-- Work order --
When a line of the listing below has the string "false" in it, copy that line.

-- Input records --
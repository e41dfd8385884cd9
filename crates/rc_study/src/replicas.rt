//! What backups have told of their replicas.

use crate::servers::Servers;
use rc_types::{Body, ServerId};
use std::alloc::AllocError;

/// What a backup has told of a replica.
#[derive(Clone, Copy)]
pub(crate) struct Replica {
    pub(crate) epoch: u16,
    pub(crate) len: usize,
    pub(crate) closed: bool,
}

impl Replica {
    /// What a Stored tells of one.
    pub(crate) fn told_in(body: &Body) -> Option<Replica> {
        match *body {
            Body::Stored {
                epoch,
                len,
                closed,
                ..
            } => Some(Replica { epoch, len, closed }),
            _ => None,
        }
    }
}

/// What a restart does with the replicas of its host.
#[derive(Clone, Copy)]
pub(crate) struct Restart {
    pub(crate) keeps_named: bool,
    pub(crate) drops_unnamed: bool,
    pub(crate) keeps_closed: bool,
}

impl Servers {
    /// A host has told of a replica of a segment.
    pub(crate) fn tell(
        &mut self,
        host: u8,
        master: ServerId,
        seg: u16,
        replica: Replica,
    ) -> Result<(), AllocError> {
        let Some(segment) = self.segment_mut(master, seg) else {
            return Ok(());
        };
        if replica.closed {
            segment.lose(host);
            self.close(host);
        } else if segment.open(host, replica)? {
            self.open(host, master, seg)?;
        }
        Ok(())
    }

    /// The host was started once more, and keeps these of its open replicas: of those of which it has told it has no
    /// other any more.
    pub(crate) fn keep(
        &mut self,
        host: u8,
        kept: &[(ServerId, u16)],
    ) -> Result<Restart, AllocError> {
        let start = self.starts(host);
        let mut restart = Restart {
            keeps_named: false,
            drops_unnamed: false,
            keeps_closed: self.has_closed(host),
        };
        for (master, seg) in kept {
            if let Some(segment) = self.segment_mut(*master, *seg) {
                restart.keeps_named = segment.name(host, start) || restart.keeps_named;
            }
        }
        for (master, seg) in &self.take_open(host) {
            if let Some(segment) = self.segment_mut(*master, *seg) {
                if segment.is_named(host, start) {
                    self.open(host, *master, *seg)?;
                } else {
                    restart.drops_unnamed = segment.lose(host) || restart.drops_unnamed;
                }
            }
        }
        Ok(restart)
    }
}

-- Exercise solution --
            keeps_named: false,
            drops_unnamed: false,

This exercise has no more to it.